The Grokster case is the latest in a series of cases where an internet service provider has been prosecuted for the actions of its users. Yet, even with this new decision in the books, little progress has been made to determine who is really the most responsible for infringement or how to hold them adequately responsible. Yen writes that “third part copyright liability benefits society by encouraging individuals to stop others from infringing, but those benefits come at a price… third party copyright liability suppresses non-infringing as well as infringing behavior.” Overall, this paradox illustrates the biggest deficit of internet copyright law: the inability to find the balance between, in Yen’s words, “desirable and undesirable consequences” of new technology. At this point in time, there seems to be no obvious strategy for regulating the internet without stifling future innovation and creation.

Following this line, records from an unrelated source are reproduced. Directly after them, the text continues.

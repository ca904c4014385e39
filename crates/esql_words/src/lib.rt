//! What the words of the command line ask for, by one simple command of `clap`.
//!
//! Read its specs in this order: `Command`, `Values`, `Words`.
#![tactic(auto)]

mod command;
mod laws;
mod options;
#[cfg(test)]
mod tests;
mod values;
mod words;

pub use laws::plain_word;
pub use options::{Format, Options, Request, WordsError};
pub use words::read_words;
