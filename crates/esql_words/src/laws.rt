ghost use Rattle.std.specs.Prelude.{◌≡◌, ◌≢◌, ℕ, List, [], ◌∷◌, slice_index, Some};
ghost use Rattle.esql_words.specs.Words.{options_alone, options_of};

/// A law: one word that does not begin with `-` is a query, whatever else it holds.
pub fn plain_word()
    ensures { (query : List ℕ) → slice_index query 0 ≢ 45 → options_of (query ∷ []) ≡ Some (options_alone query) }
{}
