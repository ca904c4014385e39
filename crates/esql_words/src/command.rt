ghost use Rattle.std.specs.Prelude.{◌≡◌, map, IfOk, option_map};
ghost use Rattle.std.specs.String.{string_bytes};
ghost use Rattle.clap.specs.Words.{app_of, found_of, rows_of, with_rule};
ghost use Rattle.esql_words.specs.Command as spec;

use clap::error::ErrorKind;
use clap::{Arg, ArgAction, ArgMatches, Command};
use std::alloc::{AllocError, Global};

/// The texts that words give.
#[derive(Clone, Copy)]
pub struct Texts<'a> {
    pub folder: Option<&'a str>,
    pub page_size: Option<&'a str>,
    pub format: Option<&'a str>,
    pub generate: Option<&'a str>,
    pub explain: bool,
    pub query: Option<&'a str>,
}

fn with_option<'a>(
    alloc: Global,
    command: Command<'a>,
    name: &'a str,
) -> Result<Command<'a>, AllocError>
    ensures { IfOk result (λ c. app_of c ≡ with_rule (app_of command.entry) (spec.option_rule name.entry.now)) }
{
    let option = Arg::new(alloc, name).long(name);
    command.arg(option)
}

fn with_flag<'a>(
    alloc: Global,
    command: Command<'a>,
    name: &'a str,
) -> Result<Command<'a>, AllocError>
    ensures { IfOk result (λ c. app_of c ≡ with_rule (app_of command.entry) (spec.flag_rule name.entry.now)) }
{
    let flag = Arg::new(alloc, name).long(name).action(ArgAction::SetTrue);
    command.arg(flag)
}

fn with_operand<'a>(
    alloc: Global,
    command: Command<'a>,
    name: &'a str,
) -> Result<Command<'a>, AllocError>
    ensures { IfOk result (λ c. app_of c ≡ with_rule (app_of command.entry) (spec.operand_rule name.entry.now)) }
{
    let operand = Arg::new(alloc, name);
    command.arg(operand)
}

#[tactic(auto, unfolding(crate::specs::Command::esql_app))]
fn esql_command<'a>(alloc: Global) -> Result<Command<'a>, AllocError>
    ensures { IfOk result (λ c. app_of c ≡ spec.esql_app) }
{
    let command = Command::new(alloc, "esql").no_binary_name(true);
    let command = with_option(alloc, command, "data")?;
    let command = with_option(alloc, command, "page-size")?;
    let command = with_option(alloc, command, "format")?;
    let command = with_option(alloc, command, "generate")?;
    let command = with_flag(alloc, command, "explain")?;
    with_operand(alloc, command, "query")
}

fn is_set(value: Option<&str>) -> bool
    ensures { result ≡ spec.is_set (spec.bytes_of value.entry) }
{
    matches!(value, Some("true"))
}

fn texts_in<'a>(matches: &ArgMatches<'a>) -> Texts<'a>
    ensures { spec.given_by result ≡ spec.given_in (rows_of (found_of matches.now)) }
{
    Texts {
        folder: matches.get_str("data"),
        page_size: matches.get_str("page-size"),
        format: matches.get_str("format"),
        generate: matches.get_str("generate"),
        explain: is_set(matches.get_str("explain")),
        query: matches.get_str("query"),
    }
}

/// The texts that words give, or `None` where the command does not take the words.
pub fn texts_of<'a>(alloc: Global, words: &'a [String]) -> Result<Option<Texts<'a>>, AllocError>
    ensures { IfOk result (λ texts. option_map spec.given_by texts ≡ spec.given_of spec.esql_app (map string_bytes words.entry.now)) }
{
    let command = esql_command(alloc)?;
    match command.try_get_matches_from(words) {
        Ok(matches) => Ok(Some(texts_in(&matches))),
        Err(error) => match error.kind() {
            ErrorKind::OutOfMemory => Err(AllocError),
            _ => Ok(None),
        },
    }
}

This article points out that although Grokster “gave the Supreme Court the opportunity to straighten out the law of third party copyright liability” little to no progress was actually made in interpreting pre-Grokster doctrines of third party copyright liability. Instead of “choosing between” existing “differing interpretations” of the law, Yen writes that the court “adopted a dormant theory of third party copyright liability, inducement.” Overall, Yen’s article shows that “inducement give courts a new tool for holding culpable defendants liable which reducing the risk of undesirable side effects.” Yen describes the Grokster decision as being “not a landmark, so much as a milestone, ratifying a continuing détente between those who build on the Internet and those in a position to regulate the builders.” This decision has also turned the focus of internet gate keeping to controlling software and PC uses ability to run that software rather than the ability to control the entire network.

Whether or not one agrees with the merit of the new inducement doctrine, this article is a comprehensive look at an area of copyright law that is important and continuing to quickly evolve. The story of these laws will continue to change drastically in the years to come, but this is a useful, informative and through-provoking look at the situation thus far.

In this article, Andrew Beckerman-Rodau asks whether the Grokster ruling was really a good decision or simply judicial activism. Judicial activism refers to the practice of a court not interpreting the law as it already exists but rather legislating from the bench and creating new legal interpretations. Beckerman-Rodau writes that the Grokster decision rightly recognizes “the conflicting goals which had to be balanced: protecting intellectual property to promote creative activities; and, the importance of not impeding creative and innovative conduct.”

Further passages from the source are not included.